Trained properly most dogs are happy in them as they see it as a Den it does have to be done correctly though to make positive good associations, so if you have never used one before, its best to get advice to ensure success.

The pros mean that the pup is always safe. Some pups are worse then others for chewing and swallowing things, with a crate you always know the pup is safe and cant come to any harm. It is also a useful aid to toilet training. It is an aid though and not a substitute for, so the pup will still need to be taken out regularly especially at first. The theory behind it is that a pup will not soil its bed and surrounding area, so it can help. Pups can get over excited and hyper sometimes and dont know when to quit, they need rest as much as they need play and socialisation at times. So its also a handy place for the pup to wind down and rest.

If a pup is trained and happy in a crate they are fine, they should not be used for prolonged periods of time though, thats the only real downside if you can really call it that.


----------



## joxand (Apr 19, 2011)

Thanks for the replies and information, very helpful.

I think I'll probably get a crate but mostly only use it at night unless the pup wants to go in for some peace and quiet (I have a very energetic 5 year old son, so I can see that the pup might need some respite every now and again!). I'm at home during the day and if I'm not the pup can almost always come with me so leaving him is not an issue.

Cheers
Jo.


----------



## sunshine80 (Jan 25, 2010)

I never crate trained Sonny as such - although he has a crate which was bought for the car and used as a bed with the door open (in the house not the car ). He now prefers to sleep on the sofa or my bed and wears a car harness in the car so it does not get used.

Sonny stayed in the hall outside my bedroom at night when he was a pup and on the odd occassion that he was left himself. He was not much of a chewer and was tiolet trained by 4 months old.

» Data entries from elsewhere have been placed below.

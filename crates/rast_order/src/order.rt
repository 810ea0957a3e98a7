// The order of sessions, for every run in which no two messages ever have the same link.
ghost use Rattle.std.specs.Prelude.{List};
ghost use Rattle.rast_items.specs.Deeds.{Code};
ghost use Rattle.rast_items.specs.Items.{IsConfig, link_at};
ghost use Rattle.rast_items.specs.Run.{State, IsRun, IsOrdered, ArePidsApart};
ghost use Rattle.rast_items.specs.declared.event.Event.{Event};
ghost use Rattle.rast_order.specs.Apart.{StaysApart};

/// On each session the messages taken are, in order and each once, the beginning of those sent,
/// and the k-th that was sent, counted from 0, is on the session's link k.
pub fn order_law()
    ensures { (c : Code) (es : List Event) (st : State) → StaysApart c es → IsRun c es st → IsOrdered es }
{}

/// After every such run each link that is provided is provided once, each that is used is used once
/// and provided later in the list, and each provided link except main's is used.
pub fn links_law()
    ensures { (c : Code) (es : List Event) (st : State) → StaysApart c es → IsRun c es st → IsConfig (link_at 0 0) st.items }
{}

/// After every run no two processes have the same number, and the next child's number is free.
pub fn numbers_law()
    ensures { (c : Code) (es : List Event) (st : State) → IsRun c es st → ArePidsApart st }
{}
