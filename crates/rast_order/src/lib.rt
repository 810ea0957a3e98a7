//! Laws of runs, each as a function without code whose contract is the law.
#![tactic(auto)]

mod order;

pub use order::{links_law, numbers_law, order_law};
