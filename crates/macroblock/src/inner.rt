// What a picture asks of one macroblock: whether its record's content is fine, its samples and its step by that record, and its record and step when coded.
ghost use Rattle.std.specs.Prelude.{◌≡◌, ◌<◌, ◌≤◌, length};
ghost use Rattle.lists.specs.Chain.{chain, pass};
ghost use Rattle.lists.specs.Parts.{over};
ghost use Rattle.refusal.specs.Number.{said};
ghost use Rattle.quantizer.specs.Range.{highest};
ghost use Rattle.choice.specs.Choice.{nothing};
ghost use Rattle.choice.specs.Code.{standing};
ghost use Rattle.record.specs.Kinds.{in_fours, length_of};
ghost use Rattle.picture.specs.Order.{Among};
ghost use Rattle.picture.specs.Plane.{plane_length};
ghost use Rattle.picture.specs.Whole.{whole_of};
ghost use Rattle.macroblock16.specs.Code.{Candidate};
ghost use Rattle.macroblock.specs.Code.{record_from, coded_step};
ghost use Rattle.macroblock.specs.Content.{kind_by, content_tests};
ghost use Rattle.macroblock.specs.Rebuild.{rebuilt_step};
ghost use Rattle.macroblock.specs.Winner.{taken, winning};

use choice::inner::Standing;
use picture::Layout;
use quantizer::Quantizer;
use refusal::Refusal;

// The content of macroblock m's record.
// By the record's mark, here and below: the two kinds share no type that a trait could be of.
#[tactic(auto, unfolding(crate::specs::Content::content_tests))]
pub fn test_macroblock(layout: Layout, m: usize, part: &[u8]) -> Result<(), Refusal>
    requires { (Among layout m 0) × (length part.now ≡ length_of (kind_by part.now)) }
    ensures { said result ≡ chain (content_tests layout m part.now) }
{
    if record::inner::is_whole(part) {
        macroblock16::inner::test_macroblock16(layout, m, part)
    } else {
        macroblock4::inner::test_macroblock4(layout, m, part)
    }
}

// The 256 samples of macroblock m by a record whose content is fine, beside a plane that is only read.
#[tactic(auto, unfolding(crate::specs::Content::content_tests, crate::specs::Rebuild::rebuilt_step))]
pub fn rebuild_beside(layout: Layout, m: usize, part: &[u8], plane: &[u8], own: &mut [u8])
    requires among { (Among layout m 0) × (length part.now ≡ length_of (kind_by part.now)) × (length plane.now ≡ plane_length 16 layout) × (length own.old ≡ 256) }
    requires part_value { chain (content_tests layout m part.now) ≡ pass }
    ensures { own.new ≡ whole_of 16 layout m (rebuilt_step layout m part.now plane.now) }
{
    if record::inner::is_whole(part) {
        macroblock16::inner::rebuild_beside16(layout, m, part, plane, own);
    } else {
        macroblock4::inner::rebuild_beside4(layout, m, part, plane, own);
    }
}

// Macroblock m by a record whose content is fine: its samples, and then these in their places.
pub fn rebuild_macroblock(layout: Layout, m: usize, part: &[u8], plane: &mut [u8])
    requires among { (Among layout m 0) × (length part.now ≡ length_of (kind_by part.now)) × (length plane.old ≡ plane_length 16 layout) }
    requires part_value { chain (content_tests layout m part.now) ≡ pass }
    ensures { plane.new ≡ rebuilt_step layout m part.now plane.old }
{
    let mut own = [0u8; 256];
    rebuild_beside(layout, m, part, plane, &mut own);
    picture::inner::store_whole(plane, layout, 16, m, &own);
}

// The part of the winning area, uncopied: that of 16x16 exactly if its SAD is below the sum of the sixteen others.
#[tactic(auto, unfolding(crate::specs::Winner::winning))]
pub(crate) fn winner<'a>(
    four: &'a [i32],
    sixteen: &'a [i32],
    apart: u64,
    together: u64,
) -> &'a [i32]
    requires { (256 ≤ length four.now) × (256 ≤ length sixteen.now) }
    ensures result_value { result.now ≡ winning apart together four.now sixteen.now }
    ensures ref_ptr_value { result.ref_ptr ≡ taken apart together four.entry.ref_ptr sixteen.entry.ref_ptr }
{
    if together < apart {
        &sixteen[..256]
    } else {
        &four[..256]
    }
}

// The candidate of 16x16 for a macroblock whose sixteen others cost so much together. Where they cost nothing it cannot cost less, and its work is
// left out.
// For none a cost above any other and no `Option`: the comparisons of costs then need no second case.
fn code_below(
    layout: Layout,
    m: usize,
    quantizer: Quantizer,
    plane: &[u8],
    rebuilt: &[u8],
    apart: u64,
    levels: &mut [i32],
    prediction: &mut [u8],
) -> Standing
    requires among { (Among layout m 0) × (quantizer.qp ≤ highest) × (length plane.now ≡ plane_length 16 layout) × (length rebuilt.now ≡ plane_length 16 layout) }
    requires levels_len { (length levels.old ≡ 256) × (length prediction.old ≡ 256) }
    ensures candidate { 0 < apart → Candidate layout m quantizer.qp plane.now rebuilt.now result levels.new prediction.new }
    ensures value { apart ≡ 0 → (result ≡ standing nothing) × (levels.new ≡ levels.old) × (prediction.new ≡ prediction.old) }
{
    if apart == 0 {
        return choice::inner::unsettled();
    }
    macroblock16::inner::code_candidate16(layout, m, quantizer, plane, rebuilt, levels, prediction)
}

// Macroblock m into a record at the front of what is lent; answers how many bytes that were. Both candidates are coded into an area of
// levels each: 4x4 first, whose samples stay in the rebuilt plane unless 16x16 wins, and then 16x16, which looks at none of them.
pub fn code_macroblock(
    layout: Layout,
    m: usize,
    quantizer: Quantizer,
    plane: &[u8],
    file: &mut [u8],
    rebuilt: &mut [u8],
) -> usize
    requires among { (Among layout m 0) × (quantizer.qp ≤ highest) × (length plane.now ≡ plane_length 16 layout) }
    requires in_fours_in_bounds { (length_of in_fours ≤ length file.old) × (length rebuilt.old ≡ plane_length 16 layout) }
    ensures value { result ≡ length (record_from layout quantizer.qp plane.now m rebuilt.old) }
    ensures file_after { file.new ≡ over (record_from layout quantizer.qp plane.now m rebuilt.old) file.old }
    ensures rebuilt_after { rebuilt.new ≡ coded_step layout quantizer.qp plane.now m rebuilt.old }
{
    let mut four = [0i32; 256];
    let mut sixteen = [0i32; 256];
    let mut prediction = [0u8; 256];
    let fours = macroblock4::inner::code_candidate4(
        layout, m, quantizer, plane, &mut four, rebuilt,
    );
    let whole = code_below(
        layout,
        m,
        quantizer,
        plane,
        rebuilt,
        fours.sad,
        &mut sixteen,
        &mut prediction,
    );
    let together = u64::from(whole.cost);
    let levels = winner(&four, &sixteen, fours.sad, together);
    let qp = quantizer.number();
    if together < fours.sad {
        macroblock16::inner::store_macroblock16(layout, m, quantizer, &prediction, levels, rebuilt);
        record::inner::write_whole(m as u16, qp, whole.mode, levels, file)
    } else {
        let modes = fours.modes;
        record::inner::write_fours(m as u16, qp, modes, levels, file)
    }
}
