// A macroblock of either kind: its record tested, its samples rebuilt, and a macroblock coded into the kind that costs less
// (01, "Plane and record file"; 02, Req 01).

#![tactic(auto)]

pub mod inner;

Which is just as well because a few months later when I moved he realised he could open the door into the living room and had free run of the house at night and when left. 

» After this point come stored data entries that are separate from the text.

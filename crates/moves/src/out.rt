// Writing out: the images of dirty pages to the store.
ghost use Rattle.std.specs.Prelude.{◌≡◌, true, false, MatchOption};
ghost use Rattle.page.specs.Figures.{slot_count};
ghost use Rattle.page.specs.Page.{page_of, put_page};
ghost use Rattle.page.specs.StorePlaces.{store_place};
ghost use Rattle.machine.specs.Machine.{is_dirty};
ghost use Rattle.machine.specs.Sweep.{childless};
ghost use Rattle.machine.specs.Moves.{image_to, written_out_by};
ghost use Rattle.residents.specs.Residents.{page_by};
ghost use Rattle.moves.specs.WriteOut.{Named, Placeable, Placed, Writable, StoredAsIs, WrittenAsIs};

use crate::image;
use machine::FrameRecord;
use page::{FrameIndex, PageNumber, StorePlace};
use residents::Residents;
use scan::look;

// The place that the page whose record this is has to be written to, if it is dirty.
fn dirty_place(rec: FrameRecord, pages: u16) -> Option<StorePlace>
    requires { Placeable pages rec.store.0 rec.page.0 }
    ensures { MatchOption result (is_dirty rec ≡ false) (λ place. (is_dirty rec ≡ true) × (place.0 ≡ store_place pages rec.store.0 rec.page.0)) }
{
    if rec.dirty != 1 {
        return None;
    }
    Some(StorePlace::of(rec.store, rec.page, pages))
}

// Copies the page in a frame to its place among the stores: its image, where no word of it is swizzled.
fn store_bytes(place: StorePlace, frames: &[u8], store: &mut [u8], frame: FrameIndex)
    requires { Placed place.0 frames.now store.old frame.0 × (childless frames.now frame.0 ≡ true) }
    ensures { StoredAsIs place.0 frames.now frame.0 store.old store.new }
{
    page::copy::to_store(store, place, frames, frame);
}

// Writes the image of the page in a frame to its place among the stores. The table gives each frame's page.
fn store_image(
    place: StorePlace,
    residents: &Residents,
    frames: &[u8],
    store: &mut [u8],
    frame: FrameIndex,
)
    requires { Placed place.0 frames.now store.old frame.0 × Named frames.now frame.0 }
    ensures { store.new ≡ put_page store.old place.0 (image_to (page_by residents.now) (page_of frames.now frame.0) slot_count) }
{
    if look::childless(frames, frame) {
        store_bytes(place, frames, store, frame);
        return;
    }
    let to = place.start();
    let from = frame.start();
    image::put_image(
        &mut store[to..to + PageNumber::SIZE],
        &frames[from..from + PageNumber::SIZE],
        residents,
    );
}

// Writes the image of the page in a frame to the store, if its record is dirty. The table gives each frame's page.
pub fn write_out(
    rec: FrameRecord,
    pages: u16,
    residents: &Residents,
    frames: &[u8],
    store: &mut [u8],
    frame: FrameIndex,
)
    requires { Writable pages rec frames.now store.old frame.0 }
    ensures { store.new ≡ written_out_by pages (page_by residents.now) rec frames.now store.old frame.0 }
{
    if let Some(place) = dirty_place(rec, pages) {
        store_image(place, residents, frames, store, frame);
    }
}

// The same for a page without a swizzled word, which needs no table, and no second look at its words.
pub fn write_bytes_out(
    rec: FrameRecord,
    pages: u16,
    frames: &[u8],
    store: &mut [u8],
    frame: FrameIndex,
)
    requires { Writable pages rec frames.now store.old frame.0 × (childless frames.now frame.0 ≡ true) }
    ensures { WrittenAsIs pages rec frames.now frame.0 store.old store.new }
{
    if let Some(place) = dirty_place(rec, pages) {
        store_bytes(place, frames, store, frame);
    }
}
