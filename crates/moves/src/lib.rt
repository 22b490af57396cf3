// A page leaving its frame, coming into one, and settling. Frames, store and directory are changed here; the caller puts the record.
#![tactic(auto)]

mod image;
mod out;

ghost use Rattle.std.specs.Prelude.{◌≡◌, []};
ghost use Rattle.page.specs.StorePlaces.{store_place};
ghost use Rattle.machine.specs.Machine.{state, loaded_record};
ghost use Rattle.chains.specs.Chain.{bucket_of, entered};
ghost use Rattle.machine.proofs.Laws.Ready.{Ready};
ghost use Rattle.residents.specs.Residents.{Residents};
ghost use Rattle.moves.specs.MoveSteps.{SettledAs};
ghost use Rattle.moves.specs.InAndOut.{Removable, TakenOut, Fitting, brought_in};

use machine::{FrameRecord, Pool};
use page::{FrameIndex, PageNumber, StoreNumber, StorePlace};
use residents::Residents;

// Takes a page without swizzled words, whose record is `rec`, out of its frame: its bytes to the store if dirty, its number to its parent's word, and its entry out of the directory.
pub fn take_out(
    rec: FrameRecord,
    pages: u16,
    frames: &mut [u8],
    store: &mut [u8],
    directory: &mut [u8],
    frame: FrameIndex,
)
    requires { Removable pages rec frames.old store.old directory.old frame.0 }
    ensures { TakenOut pages rec frames.old store.old directory.old frame.0 frames.new store.new directory.new }
{
    out::write_bytes_out(rec, pages, frames, store, frame);
    let parent = rec.parent;
    let slot = usize::from(rec.slot);
    let old = page::slot::slot_word(frames, parent, slot);
    let page = rec.page;
    let word = page::word::renamed(old, page.word());
    page::slot::put_in_slot(frames, parent, slot, word);
    directory::take_out(directory, frame, page);
}

// Loads a page into a frame, for a slot of its parent's frame, enters it in the directory, and gives its record.
pub fn load_page(
    frames: &mut [u8],
    store: &[u8],
    directory: &mut [u8],
    parent: FrameIndex,
    slot: usize,
    frame: FrameIndex,
    of_store: StoreNumber,
    page: PageNumber,
    pages: u16,
) -> FrameRecord
    requires { Fitting pages frames.old store.now directory.old parent.0 slot frame.0 of_store.0 page.0 }
    ensures { (result ≡ loaded_record of_store.0 page.0 parent.0 slot) × (frames.new ≡ brought_in frames.old store.now parent.0 slot frame.0 (store_place pages of_store.0 page.0)) × (directory.new ≡ entered directory.old (bucket_of page.0) frame.0) }
{
    let old = page::slot::slot_word(frames, parent, slot);
    let place = StorePlace::of(of_store, page, pages);
    page::copy::to_frame(frames, frame, store, place);
    let word = page::word::renamed(old, frame.word());
    page::slot::put_in_slot(frames, parent, slot, word);
    directory::enter(directory, frame, page);
    records::loaded(of_store, page, parent, slot as u8)
}

// Writes the image of each dirty page to the store, and marks it clean. The table gives each frame's page.
pub fn settle_pages(pool: &mut Pool, residents: &Residents, frames: &[u8], store: &mut [u8])
    requires { Ready (state pool.old frames.now store.old []) × Residents pool.old.records residents.now }
    ensures { SettledAs pool.old frames.now store.old pool.new store.new }
{
    let pages = pool.pages;
    for f in 0..usize::from(pool.count) {
        let record = pool.records[f];
        out::write_out(record, pages, residents, frames, store, FrameIndex(f as u8));
        pool.records[f] = records::cleaned(record);
    }
}
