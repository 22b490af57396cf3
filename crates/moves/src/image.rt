// The image of a page: its bytes with each swizzled word replaced by the number of the page in that frame, its mark kept.
ghost use Rattle.std.specs.Prelude.{◌≡◌, length, ◌<◌};
ghost use Rattle.page.specs.Figures.{page_size, slot_count, most_frames};
ghost use Rattle.page.specs.Word.{name_of, renamed, frame_word};
ghost use Rattle.machine.specs.Moves.{imaged, image_to};
ghost use Rattle.residents.specs.Residents.{page_by};
ghost use Rattle.moves.specs.WriteOut.{Named};

use page::PageNumber;
use residents::Residents;

// The word that names the page by its number, in place of the word w.
fn by_number(w: u32, page: PageNumber) -> u32
    ensures { result ≡ renamed w page.0 }
{
    page::word::renamed(w, page.word())
}

// A word in the image. One that isn't swizzled stays as it stands, and its mark isn't looked for.
fn imaged_word(w: u32, residents: &Residents) -> u32
    requires { name_of w < frame_word most_frames }
    ensures { result ≡ imaged (page_by residents.now) w }
{
    if page::word::is_number(w) {
        return w;
    }
    let frame = page::word::frame_in(page::word::name_of(w));
    by_number(w, residents::page_of(residents[frame]))
}

// Makes `dst` the image of the page `src`.
pub fn put_image(dst: &mut [u8], src: &[u8], residents: &Residents)
    requires { (length dst.old ≡ page_size) × (length src.now ≡ page_size) × Named src.now 0 }
    ensures { dst.new ≡ image_to (page_by residents.now) src.now slot_count }
{
    page::copy::copy_into(dst, src);
    for k in 0..PageNumber::SLOTS {
        let w = page::word::word_at(src, page::word::SIZE * k);
        page::word::put_word(dst, page::word::SIZE * k, imaged_word(w, residents));
    }
}
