// A line of the normalised text, into a buffer that the host lends.
#![tactic(auto)]

pub mod line;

I can see why people use crates though and have nothing against them it does help with tiolet training and could be useful as a place of refuge if he have a child running around. I do not have any kids and stayed myself when Sonny was a pup (now back staying with my Dad).


----------



## lucyandsandy (Apr 7, 2011)

I couldn't live without the crate now, it is so reasuring knowing that she is safe and happy when I go out and at night time. The only problem I have is that she is only happy when I go out if she is in her crate otherwise she will bark. It has also been so handy for toilet training and at 4 months she is only having the odd accident every now and again which I think is good.

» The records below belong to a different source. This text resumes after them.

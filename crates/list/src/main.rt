// The listing program: standard input to frames, one a line.
#![tactic(auto)]

ghost use Rattle.file_listing.specs.Listing.{due_of};
ghost use Rattle.file_listing.specs.Printing.{Shows};

use elements::DataSpan;
use file_listing::printing::{PROGRAM_MAX, print_listing};
use frame_bytes::data::part;
use numbers::blank::first;

// One byte more than an input may have, to tell one that is too long.
const READ: usize = PROGRAM_MAX + 1;
// A listing has at most 16 bytes for each byte of its input, so 15 is never printed.
const ROOM: usize = 16 * PROGRAM_MAX;

fn main() {
    let mut input = [0u8; READ];
    let mut out = [0u8; ROOM];
    run(&mut input, &mut out);
}

fn run(input: &mut [u8; READ], out: &mut [u8; ROOM]) {
    let n = io::read_full(0, input);
    let k = show(input, n, out);
    io::write_all(1, part(out, DataSpan { start: 0, len: k }));
}

// The bytes to print, from the start of out, where n bytes of standard input were read. Gives their number.
fn show(input: &[u8; READ], n: usize, out: &mut [u8; ROOM]) -> usize
    ensures { Shows due_of input.now n out.new result }
{
    print_listing(first(input, n), out)
}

I will be honest and I was unsure at first as I was new to it but I can she enjoys it and it looks so cosy that I want to get it!

Tip: Don't get a fabric one, mine just destroyed the door on hers!


----------



## Deb (Jan 28, 2009)

This was the 1st time i had used a crate and it was brill. We had no damage to the house and toilet trained well. I did feel guilty putting her in it as she got older though and by the time whe was 18mth old we stopped using it and she sleeps on a bed in the kitchen. but cos she was fully trained by then we have still had no damage or accidents (fingers crossed!)


----------



## dickybirdclocks (Mar 24, 2011)

I cant imagine how anyone would manage without a crate ,Have had crate from day one with Ben the ridgeback ,Took a couple of hours of allowing him in and out at will with use of the odd treat to assist . Had pup for 4 weeks now and he is pretty much toilet trained apart from a rare accident ,strangely crate is almost always dry in the morning now and he stopped soiling after a couple of days .I have to go out most days for at least a couple of hours and couldn't imagine him not being in his crate 2 main reasons are that he does no damage to house and contents and more importantly he comes to no harm himself . Crates are a brilliant way of rearing dogs most who didn't now wish they had.


----------



## crumbles (Mar 30, 2011)

We got a crate as our puppy wasn't 'getting' the whole toilet training thing. Have to say, have no regrets, because it worked a treat. You have to be patient & enforce the idea that it's a nice place to be & not a punishment. You can't just chuck the dog in & hope for the best, put toys in there for them to play with (supervised) & treats-all without shutting the door at first, you'll no doubt get a few whimpers when you do get brave enough to shut the door, but our dog loves her crate now, will happily go off for a sleep/lie down when the doors wide open & she's got a chioce of where she wants to sleep. The downside is, that every night at bedtime, one of our cats always gets in there first.


----------



## Mama Sass (Sep 8, 2009)

Yep, like the others have said, couldn't imagine having a puppy without using a crate! Toilet training was almost a breeze, and we knew he would be safe when we went out and that we wouldn't come back to a total mess!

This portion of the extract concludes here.